Direct combustion process:  Biomass is burnt in a boiler to generate steam which is further used to generate power. It is enough to meet the rural electricity demands, and is a substitute to fossil fuels. It is more economical and generates employment.

Co firing: This is an efficient and clean method to convert biomass to electricity. Co firing with coal reduces emission of carbon dioxide and sulphur dioxide in air.

Thermochemical process: This process is used to convert the original bioenergy feedstock into more convenient energy carriers such as producer gas, oil or methanol. This includes the following methods:

  • Carbonisation;
  • Pyrolysis;
  • Gasification; and
  • Catalytic liquefaction.

Bio chemical process: micro organisms are used for treating and converting human generated organic waste, i.e. fermentation technologies for the production of biogas energy.

  • Anaerobic fermentation;
  • Methane production in landfills;
  • Ethanol fermentation; and
  • Bio diesel.

In India, technology has significantly advanced and is being made available locally.
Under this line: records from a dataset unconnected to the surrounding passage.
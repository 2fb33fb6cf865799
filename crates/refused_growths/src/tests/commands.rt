//! The ten commands, and the program for a text of any size, over devices that take no memory.
use super::certificates::{CERTIFICATE, Room, empty_room};
use super::supply::Supply;
use super::texts::command_line;
use counted_io::Counted;
use spanprof_command::{Status, command};
use std::alloc::AllocGlobal;
use std::io;
use std::io::Read;
use std::process::Abort;
use std::sync::Wait;
use std::test::Fail;
use std::thread::Threads;
use task_program::name_key::NameKey;

/// The words of a command, its input, and what it writes.
#[derive(Clone, Copy)]
struct Example {
    words: &'static [&'static str],
    input: &'static str,
    text: &'static str,
}

/// Its tasks have names and a group.
const NAMED: &str = "omptasks 1\ntask depend(out: a) { taskgroup { work 3 } }\n\
    task depend(in: a) { work 2 }\n";

const WORKED: &str = "omptasks 1\nwork 5 task { work 3 } work 2 taskwait work 1\n";

const LOGGED: &str =
    "omptasks 1\nwork 5 task { work 3 } work 2 taskwait work 1\n---\nstart 0 0\nfinish 0 0\n\
    start 0 2\nfinish 0 2\nstart 1 1\nfinish 1 1\nstart 0 3\nfinish 0 3\n";

const LISTED: &str = "omptasks 1\nwork 5 task { work 3 } work 2 taskwait work 1\n---\n2=4\n1=5\n";

const SLACKS: &str = "segment,task,cost,start,slack,chain\n0,0,5,0,0,1\n1,1,3,5,0,1\n2,0,2,5,1,0\n\
    3,0,1,8,0,1\n";

const GREEDY_RUN: &str = "segment,start,end,thread\n0,0,5,0\n1,5,8,0\n2,5,7,1\n3,8,9,0\n";

const CURVE: &str = "threads,end,least,bound\n1,11,11,11\n2,9,9,10\n";

const CHANGED: &str = "work 15\nspan 11\nwas 9\n";

/// Each command, and those of the program for a text of any size.
#[derive(Clone, Copy)]
pub(super) enum Command {
    Span,
    Show,
    Slack,
    Greedy,
    Curve,
    WhatIf,
    Certify,
    Run,
    Check,
    Replay,
    AnySize(AnySize),
}

/// What the program for a text of any size is asked.
#[derive(Clone, Copy)]
pub(super) enum AnySize {
    Numbers,
    Bounds,
    Slack,
    Greedy,
    Curve,
    WhatIf,
    Graph,
    Listed,
    Replay,
    Version,
}

fn on_worked(words: &'static [&'static str], text: &'static str) -> Example {
    Example {
        words,
        input: WORKED,
        text,
    }
}

fn on_log(words: &'static [&'static str]) -> Example {
    Example {
        words,
        input: LOGGED,
        text: "events 8\nfinished 4\npreds 0\npreds 1 0\npreds 2 0\npreds 3 1 2\n",
    }
}

fn example_of(command: Command) -> Example {
    match command {
        Command::Span => on_worked(&["spanprof", "span"], "segments 4\nwork 11\nspan 9\n"),
        Command::Show => on_worked(
            &["spanprof", "show"],
            "omptasks 1\nwork 5\ntask {\nwork 3\n}\nwork 2\ntaskwait\nwork 1\n",
        ),
        Command::Slack => on_worked(&["spanprof", "slack"], SLACKS),
        Command::Greedy => on_worked(&["spanprof", "greedy", "--threads", "2"], GREEDY_RUN),
        Command::Curve => on_worked(&["spanprof", "curve", "--upto", "2"], CURVE),
        Command::WhatIf => on_worked(&["spanprof", "whatif", "2=4", "1=5"], CHANGED),
        Command::Certify => on_worked(&["spanprof", "certify"], CERTIFICATE),
        Command::Run => on_worked(
            &["spanprof", "run", "--workers", "2"],
            "segments 4\nedges 4\ndigest 704969\npreds 0\npreds 1 0\npreds 2 0\npreds 3 1 2\n",
        ),
        Command::Check => Example {
            words: &["spanprof", "check"],
            input: CERTIFICATE,
            text: "accepted\nsegments 4\nend 9\n",
        },
        Command::Replay => on_log(&["spanprof", "replay"]),
        Command::AnySize(asked) => large_example_of(asked),
    }
}

fn large_example_of(asked: AnySize) -> Example {
    match asked {
        AnySize::Numbers => Example {
            words: &["spanprof_large"],
            input: NAMED,
            text: "tasks 2\nsegments 6\nwork 5\nspan 5\n",
        },
        AnySize::Bounds => on_worked(
            &["spanprof_large", "--upto", "2"],
            "threads,least,bound\n1,11,11\n2,9,10\n",
        ),
        AnySize::Slack => on_worked(&["spanprof_large", "slack"], SLACKS),
        AnySize::Greedy => on_worked(&["spanprof_large", "greedy", "--threads", "2"], GREEDY_RUN),
        AnySize::Curve => on_worked(&["spanprof_large", "curve", "--upto", "2"], CURVE),
        AnySize::WhatIf => on_worked(&["spanprof_large", "whatif", "2=4", "1=5"], CHANGED),
        AnySize::Graph => on_worked(
            &["spanprof_large", "graph"],
            "segment,task,cost,predecessors\n0,0,5,\n1,1,3,0\n2,0,2,0\n3,0,1,1 2\n",
        ),
        AnySize::Version => on_worked(
            &["spanprof_large", "--version"],
            "spanprof_large 0.1.0 (logic dac8208d650f15bf)\n",
        ),
        AnySize::Listed => Example {
            words: &["spanprof_large", "whatif", "--listed"],
            input: LISTED,
            text: CHANGED,
        },
        AnySize::Replay => on_log(&["spanprof_large", "replay"]),
    }
}

/// Gives an input. Memory may be taken before the first read.
#[derive(Drop)]
struct Taking<'a> {
    left: &'a [u8],
    supply: &'a mut Supply,
}

impl Read for Taking<'_> {
    fn read(&mut self, buffer: &mut [u8]) -> io::Result<usize> {
        if !self.left.is_empty() {
            self.supply.before_call();
        }
        let given = buffer.len().min(self.left.len());
        buffer[..given].copy_from_slice(&self.left[..given]);
        self.left = &self.left[given..];
        Ok(given)
    }
}

/// What a command answers and writes.
fn answer_to<H: AllocGlobal + Threads + Wait + Abort + Sync>(
    rt: &H,
    supply: &mut Supply,
    asked: Command,
    line: &[String],
    input: &str,
) -> (Status, Room) {
    supply.before_call();
    let left = input.as_bytes();
    let mut reader = Counted::new(Taking { left, supply });
    let mut writer = empty_room();
    let status = match asked {
        Command::AnySize(_) => {
            large_command::command(rt, NameKey::fixed(), line, &mut reader, &mut writer)
        }
        _ => command(rt, line, &mut reader, &mut writer),
    };
    (status, writer.into_inner())
}

/// A command writes its text, or the one line that says out of memory.
pub(super) fn report<H: AllocGlobal + Threads + Wait + Abort + Sync>(
    rt: &H,
    supply: &mut Supply,
    asked: Command,
) -> Result<(), Fail> {
    let Example { words, input, text } = example_of(asked);
    let line = command_line(rt.alloc(), supply, words)?;
    let (status, room) = answer_to(rt, supply, asked, line.as_slice(), input);
    if status == Status::Done {
        assert!(rt; room.taken() == text.as_bytes(), "{text}");
        return Ok(());
    }
    supply.refused();
    assert!(rt; status == Status::Fault, "{text}");
    assert!(rt;
        room.taken() == b"error: out of memory\n".as_slice(),
        "{text}"
    );
    let (status, room) = answer_to(rt, supply, asked, line.as_slice(), input);
    assert!(rt; status == Status::Done, "{text}");
    assert!(rt; room.taken() == text.as_bytes(), "{text}");
    Ok(())
}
Even then, there are several technology initiatives around the world which need to be shared and assessed under a common technology platform.

For a developing country like India, exploitation of bioenergy will definitely have a positive impact on the energy requirement. It will provide energy security, reduce poverty by generating employment and reduce the levels of carbon dioxide emission.

India has a potential to generate 20 GW of electricity from biomass residue and can make a significant contribution to the growing energy need. To achieve this potential, various incentives like income tax holiday and concession in custom duty, and policy measures are being provided by the government.